Fellow writer at The Australian John Durie also revealed this morning: "Woolworths plans to finally release more financial details of its Masters joint-venture hardware project when it unveils its 2011 year financial results next month, including a preparedness to absorb losses for several years. It is also planning to release more details about its latest productivity program, Project Quantum, as new boss Grant O'Brien prepares to take the reins on October 1."
And The Australian's Tim Boreham wrote this morning: "From the "spooky coincidence" file emerges these two biotechs, which both entered animal-health deals yesterday.

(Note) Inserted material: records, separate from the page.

// The program `print_combined`: reads first.txt and second.txt in the folder that it runs in, and writes the text of the table in which both tables run side
// by side, or the refusal's line.
#![tactic(auto)]

use combined_text::{COMBINED_LENGTH, write_combined_of};
use folder::read_file;
use lts::sizes::ENOUGH_TABLE_TEXT;
use std::io;

fn main(rt: HostRuntime) -> io::Result<()> {
    let mut first = [0u8; ENOUGH_TABLE_TEXT];
    let n = read_file(&rt, "first.txt", &mut first);
    let mut second = [0u8; ENOUGH_TABLE_TEXT];
    let m = read_file(&rt, "second.txt", &mut second);
    let mut out = [0u8; COMBINED_LENGTH];
    let end = write_combined_of(&first[..n], &second[..m], &mut out);
    rt.write_all(&out[..end])
}
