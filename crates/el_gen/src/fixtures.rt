// Bytes from Bitcoin's own chain, and others that tests share, as hex digits. What is called a hash or a txid
// is as users see it: the bytes from the last to the first.

/// The header of Bitcoin's first block, 80 bytes.
pub const HEADER_0: &str =
    "0100000000000000000000000000000000000000000000000000000000000000000000003ba3edfd7a7b12b27ac72c3e6776\
     8f617fc81bc3888a51323a9fb8aa4b1e5e4a29ab5f49ffff001d1dac2b7c";

/// Bitcoin's first block, 285 bytes.
pub const GENESIS: &str =
    "0100000000000000000000000000000000000000000000000000000000000000000000003ba3edfd7a7b12b27ac72c3e6776\
     8f617fc81bc3888a51323a9fb8aa4b1e5e4a29ab5f49ffff001d1dac2b7c0101000000010000000000000000000000000000\
     000000000000000000000000000000000000ffffffff4d04ffff001d0104455468652054696d65732030332f4a616e2f3230\
     3039204368616e63656c6c6f72206f6e206272696e6b206f66207365636f6e64206261696c6f757420666f722062616e6b73\
     ffffffff0100f2052a01000000434104678afdb0fe5548271967f1a67130b7105cd6a828e03909a67962e0ea1f61deb649f6\
     bc3f4cef38c4f35504e51ec112de5c384df7ba0b8d578a4c702b6bf11d5fac00000000";

/// The hash of Bitcoin's first block.
pub const GENESIS_HASH: &str = "000000000019d6689c085ae165831e934ff763ae46a2a6c172b3f1b60a8ce26f";

/// The txid of the first block's coinbase.
pub const GENESIS_TXID: &str = "4a5e1e4baab89f3a32518a88c31bc87f618f76673e2cc77ab2127b7afdeda33b";

/// The script hash of the output of the first block's coinbase (Electrum Protocol 1.4).
pub const GENESIS_SCRIPT_HASH: &str =
    "740485f380ff6379d11ef6fe7d7cdd68aea7f8bd0d953d9fdf3531fb7d531833";

/// The header of Bitcoin's second block, 80 bytes.
pub const HEADER_1: &str =
    "010000006fe28c0ab6f1b372c1a6a246ae63f74f931e8365e15a089c68d6190000000000982051fd1e4ba744bbbe680e1fee\
     14677ba1a3c3540bf7b1cdb606e857233e0e61bc6649ffff001d01e36299";

/// Bitcoin's second block, 215 bytes.
pub const BLOCK_1: &str =
    "010000006fe28c0ab6f1b372c1a6a246ae63f74f931e8365e15a089c68d6190000000000982051fd1e4ba744bbbe680e1fee\
     14677ba1a3c3540bf7b1cdb606e857233e0e61bc6649ffff001d01e362990101000000010000000000000000000000000000\
     000000000000000000000000000000000000ffffffff0704ffff001d0104ffffffff0100f2052a0100000043410496b538e8\
     53519c726a2c91e61ec11600ae1390813a627c66fb8be7947be63c52da7589379515d4e0a604f8141781e62294721166bf62\
     1e73a82cbf2342c858eeac00000000";

/// The hash of Bitcoin's second block.
pub const BLOCK_1_HASH: &str = "00000000839a8e6886ab5951d76f411475428afc90947ee320161bbf18eb6048";

/// The txid of the second block's coinbase.
pub const BLOCK_1_TXID: &str = "0e3e2357e806b6cdb1f70b54c3a3a17b6714ee1f0e68bebb44a74b1efd512098";

/// The script hash of the output of the second block's coinbase.
pub const BLOCK_1_SCRIPT_HASH: &str =
    "cc0d7111befe9f24f1824c797e837c5cff2f8773901ccb9aca0372a2a6c48d34";

/// A locking script that pays to the hash of a public key, and its script hash.
pub const P2PKH_SCRIPT: &str = "76a91462e907b15cbf27d5425399ebf6f0fb50ebb88f1888ac";

/// The script hash of that script.
pub const P2PKH_SCRIPT_HASH: &str =
    "8b01df4e368ea28f8dc0423bcf7a4923e3a12d307c875e47a0cfbf90b5c39161";

/// The script hash of the locking script OP_1, the one byte 0x51.
pub const OP_1_SCRIPT_HASH: &str =
    "6032c38c0bc0e91e726f1e55e1832e434509001a7aed5cfd881b6ef07215e84a";

/// The script hash of the empty locking script.
pub const EMPTY_SCRIPT_HASH: &str =
    "55b852781b9995a44c939b64e441ae2724b96f99c8f4fb9a141cfc9842c4b0e3";

/// A transaction with a witness (BIP 144), 66 bytes: it takes output 0 of the txid of 32 bytes 0x11, and
/// gives 1,000 satoshi to the script OP_1.
pub const WITNESS_TX: &str =
    "0200000000010111111111111111111111111111111111111111111111111111111111111111110000000000ffffffff01e8\
     03000000000000015101012a00000000";

/// The txid of that transaction.
pub const WITNESS_TXID: &str = "116102982e4852a9fe78c24f4c62e7b584378b956c83303d0d51b7b3b0fe6fb1";
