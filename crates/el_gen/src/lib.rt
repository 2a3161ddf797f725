//! Transactions and blocks that are made from a few numbers, and blocks of Bitcoin's own chain: what tests
//! and trial runs are made over.
#![tactic(auto)]

mod blocks;
mod fixtures;
mod made;
mod transactions;

pub use blocks::{block, block_bytes, block_record};
pub use fixtures::{
    BLOCK_1, BLOCK_1_HASH, BLOCK_1_SCRIPT_HASH, BLOCK_1_TXID, EMPTY_SCRIPT_HASH, GENESIS,
    GENESIS_HASH, GENESIS_SCRIPT_HASH, GENESIS_TXID, HEADER_0, HEADER_1, OP_1_SCRIPT_HASH,
    P2PKH_SCRIPT, P2PKH_SCRIPT_HASH, WITNESS_TX, WITNESS_TXID,
};
pub use made::{MOST_MADE, Made, make};
pub use transactions::{coinbase, locking_script, spend};
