// Blocks made from a few numbers.
ghost use Rattle.std.specs.Prelude.{◌≡◌, ◌≤◌, ◌<◌, ◌^◌, ◌++◌, ℕ, List, length, flat_map, IfOk, OnOk};
ghost use Rattle.std.specs.List.{AllByRecursion};
ghost use Rattle.el_tx.specs.Encoding.{HasEncoding};
ghost use Rattle.el_tx.specs.Headers.{IsHeader};
ghost use Rattle.el_tx.specs.Hashing.{full_encoding};
ghost use Rattle.el_block.specs.Blocks as blocks;
ghost use Rattle.el_block.specs.Blocks.{IsBlockEncoding, block_encoding};
ghost use Rattle.el_gen.specs.Generated as spec;

use el_base::{Bytes, Hash32, Listed, OutOfMemory, write_compact};
use el_block::Block;
use el_merkle::root;
use el_tx::{Header, Tx, encode_header, encode_tx, txid};
use std::alloc::Global;

// The time of Bitcoin's first block, in seconds since 1970-01-01.
const FIRST_TIME: u32 = 1_231_006_505;

// The easiest target, that of the network regtest.
const BITS: u32 = 0x207f_ffff;

// The txids of transactions, in their order.
fn txids(alloc: Global, txs: &[Tx]) -> Result<Vec<Hash32>, OutOfMemory>
    requires { AllByRecursion HasEncoding txs.now }
    ensures { IfOk result (λ list. list.items ≡ blocks.txids txs.now) }
{
    let mut list = Vec::new(alloc);
    for tx in txs {
        list.push(txid(alloc, tx)?)?;
    }
    Ok(list)
}

// The header of a block.
fn header(previous: Hash32, merkle_root: Hash32, height: u32, branch: u8) -> Header
    requires early { height ≤ 4000000 }
    ensures is { result ≡ spec.header previous merkle_root height branch }
    ensures fits { IsHeader result }
{
    Header {
        version: 1,
        previous,
        root: merkle_root,
        time: FIRST_TIME + 600 * height,
        bits: BITS,
        nonce: u32::from(branch),
    }
}

/// The block of these transactions after the block with the hash `previous`, which is zero for a first block:
/// version 1, their Merkle root, the time 1,231,006,505 + 600 × `height`, the bits 0x207fffff, the nonce
/// `branch`. That the first transaction is a coinbase and no other is one, that no txid stands twice, and the
/// weight are not asked. Fails only where memory runs out.
pub fn block(
    alloc: Global,
    previous: Hash32,
    height: u32,
    branch: u8,
    txs: Vec<Tx>,
) -> Result<Block, OutOfMemory>
    requires some { 1 ≤ length txs.items }
    requires encoded { AllByRecursion HasEncoding txs.items }
    requires early { height ≤ 4000000 }
    ensures is { IfOk result (λ b. b ≡ spec.block previous height branch txs.items) }
    ensures whole { IfOk result (λ b. IsBlockEncoding (block_encoding b) b) }
{
    let hashes = txids(alloc, txs.as_slice())?;
    let merkle_root = root(alloc, hashes.as_slice())?;
    let header = header(previous, merkle_root, height, branch);
    Ok(Block {
        header,
        txs: Listed::from_vec(txs),
    })
}

// Each transaction in its whole encoding.
fn write_txs(alloc: Global, txs: &[Tx], out: &mut Vec<u8>) -> Result<(), OutOfMemory>
    requires { AllByRecursion HasEncoding txs.now }
    ensures { OnOk result (out.new.items ≡ out.old.items ++ flat_map full_encoding txs.now) }
{
    for tx in txs {
        let text = encode_tx(alloc, tx)?;
        out.extend_from_slice(text.as_slice())?;
    }
    Ok(())
}

/// The bytes of a block (Bitcoin's serialization), also of one that breaks a rule on blocks. Fails only where
/// memory runs out.
pub fn block_bytes(alloc: Global, block: &Block) -> Result<Bytes, OutOfMemory>
    requires { AllByRecursion HasEncoding block.now.txs }
    ensures { IfOk result (λ bytes. bytes ≡ block_encoding block.now) }
{
    let mut text = Vec::new(alloc);
    text.extend_from_slice(encode_header(&block.header).as_slice())?;
    write_compact(block.txs.len() as u64, &mut text)?;
    write_txs(alloc, block.txs.as_slice(), &mut text)?;
    Ok(Bytes::from_vec(text))
}

/// The record of a block as a node's file has it: the network's four bytes, how many bytes the block has in
/// four bytes, the lowest first, and its bytes. Fails only where memory runs out.
pub fn block_record(alloc: Global, magic: [u8; 4], block: &Block) -> Result<Bytes, OutOfMemory>
    requires { AllByRecursion HasEncoding block.now.txs }
    ensures { IfOk result (λ bytes. bytes ≡ spec.block_record magic block.now) }
{
    let text = block_bytes(alloc, block)?;
    let [a, b, c, d, ..] = (text.len() as u64).to_le_bytes();
    let mut bytes = Bytes::from_slice(alloc, magic.as_slice())?;
    bytes.extend([a, b, c, d].as_slice())?;
    bytes.extend(text.as_slice())?;
    Ok(bytes)
}
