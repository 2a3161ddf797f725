// Transactions made from a few numbers.
ghost use Rattle.std.specs.Prelude.{◌≡◌, ◌≤◌, ℕ, List, length, map, IfOk, true, false};
ghost use Rattle.std.specs.List.{AllByRecursion};
ghost use Rattle.el_tx.specs.Encoding.{HasEncoding, IsItem, IsInput, IsOutput, max_money, some_witness, total_value};
ghost use Rattle.el_tx.specs.Hashing as hashing;
ghost use Rattle.el_gen.specs.Generated as spec;
ghost use Rattle.el_gen.specs.Generated.{total_paid};

use el_base::{Bytes, Hash32, Listed, OutOfMemory};
use el_tx::{Outpoint, Tx, TxIn, TxOut};
use std::alloc::Global;

// The outpoint of a coinbase's input; it names no output.
const NO_OUTPUT: Outpoint = Outpoint {
    txid: Hash32([0; 32]),
    index: u32::MAX,
};

// What a coinbase gives, in satoshi: 50 bitcoin.
const SUBSIDY: u64 = 5_000_000_000;

/// The locking script of the number `k`, five bytes: the byte 4 and `k` in four bytes, the lowest first.
/// Fails only where memory runs out.
pub fn locking_script(alloc: Global, k: u32) -> Result<Bytes, OutOfMemory>
    ensures { IfOk result (λ script. script ≡ spec.locking_script k) }
{
    let mut script = Bytes::from_slice(alloc, [4].as_slice())?;
    script.extend(k.to_le_bytes().as_slice())?;
    Ok(script)
}

// An output of so many satoshi to the script of `k`.
fn paid(alloc: Global, value: u64, k: u32) -> Result<TxOut, OutOfMemory>
    ensures is { IfOk result (λ o. o ≡ spec.paid value k) }
    ensures lawful { IfOk result IsOutput }
{
    let script = locking_script(alloc, k)?;
    Ok(TxOut { value, script })
}

// An input without a witness.
fn input(alloc: Global, from: Outpoint, script: Bytes) -> TxIn
    requires { IsItem script }
    ensures is { result ≡ spec.input from script }
    ensures lawful { IsInput result }
{
    TxIn {
        from,
        script,
        sequence: u32::MAX,
        witness: Listed::new(alloc),
    }
}

// A transaction without witnesses.
fn transaction(inputs: Listed<TxIn>, outputs: Listed<TxOut>) -> Tx
    requires some_inputs { 1 ≤ length inputs }
    requires some_outputs { 1 ≤ length outputs }
    requires lawful_inputs { AllByRecursion IsInput inputs }
    requires lawful_outputs { AllByRecursion IsOutput outputs }
    requires bare { some_witness inputs ≡ false }
    requires money { total_value outputs ≤ max_money }
    ensures is { result ≡ spec.transaction inputs outputs }
    ensures encoded { HasEncoding result }
{
    Tx {
        version: 1,
        inputs,
        outputs,
        lock: 0,
    }
}

// The script by which coinbases differ.
fn height_script(alloc: Global, height: u32, branch: u8) -> Result<Bytes, OutOfMemory>
    ensures is { IfOk result (λ script. script ≡ spec.height_script height branch) }
    ensures lawful { IfOk result IsItem }
{
    let mut script = Bytes::from_slice(alloc, [5].as_slice())?;
    script.extend(height.to_le_bytes().as_slice())?;
    script.extend([branch].as_slice())?;
    Ok(script)
}

/// The coinbase of a height, in 71 bytes: its input's script is the byte 5, the height in four bytes, the
/// lowest first, and `branch`, by which coinbases of one height differ. Its one output gives 5,000,000,000
/// satoshi to the locking script of `k`. Fails only where memory runs out.
pub fn coinbase(alloc: Global, height: u32, branch: u8, k: u32) -> Result<Tx, OutOfMemory>
    ensures is { IfOk result (λ t. t ≡ spec.coinbase height branch k) }
    ensures encoded { IfOk result HasEncoding }
    ensures first { IfOk result (λ t. hashing.is_coinbase t ≡ true) }
{
    let script = height_script(alloc, height, branch)?;
    let mut inputs = Listed::new(alloc);
    inputs.push(input(alloc, NO_OUTPUT, script))?;
    let mut outputs = Listed::new(alloc);
    outputs.push(paid(alloc, SUBSIDY, k)?)?;
    Ok(transaction(inputs, outputs))
}

// An input for each outpoint.
fn spending_inputs(alloc: Global, from: &[Outpoint]) -> Result<Listed<TxIn>, OutOfMemory>
    ensures is { IfOk result (λ inputs. inputs ≡ map spec.spending_input from.now) }
    ensures lawful { IfOk result (AllByRecursion IsInput) }
{
    let mut inputs = Listed::new(alloc);
    for outpoint in from {
        inputs.push(input(alloc, *outpoint, Bytes::new(alloc)))?;
    }
    Ok(inputs)
}

// An output for each value and number.
fn paid_outputs(alloc: Global, to: &[(u64, u32)]) -> Result<Listed<TxOut>, OutOfMemory>
    ensures is { IfOk result (λ outputs. outputs ≡ map (λ (p : ℕ × ℕ). spec.paid p.0 p.1) to.now) }
    ensures lawful { IfOk result (AllByRecursion IsOutput) }
{
    let mut outputs = Listed::new(alloc);
    for (value, k) in to {
        outputs.push(paid(alloc, *value, *k)?)?;
    }
    Ok(outputs)
}

/// The transaction that takes the coins at the outpoints, each with an empty script, and gives each value, in
/// satoshi, to the locking script of its number. With one outpoint it has 65 bytes for one output and 79 for
/// two. Fails only where memory runs out.
pub fn spend(alloc: Global, from: &[Outpoint], to: &[(u64, u32)]) -> Result<Tx, OutOfMemory>
    requires inputs { 1 ≤ length from.now }
    requires outputs { 1 ≤ length to.now }
    requires money { total_paid to.now ≤ max_money }
    ensures is { IfOk result (λ t. t ≡ spec.spend from.now to.now) }
    ensures encoded { IfOk result HasEncoding }
{
    let inputs = spending_inputs(alloc, from)?;
    let outputs = paid_outputs(alloc, to)?;
    Ok(transaction(inputs, outputs))
}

Both stocks are backed by big names: fast-food king Jack Cowin and squillionaire Boris Liberman in the case of Bioniche, and property tycoon Lang Walker in the case of Medical Australia."
Finally, Fairfax's Insider, Ian McIlwraith has found a new coal stock: "A chance remark at lunch by the long-term specialist fund manager Stephen Sedgman has turned into a $125 million deal to backdoor list a coal explorer in the shell of Strategic Pooled Development. Brisbane-based mineral explorer Gordon Saul, who fittingly has ''Shackleton'' as one of his family names, is reputed to have kicked rocks all over the globe for leading companies but now wants to put a collection of coal tenements in Australia and Canada on to the ASX."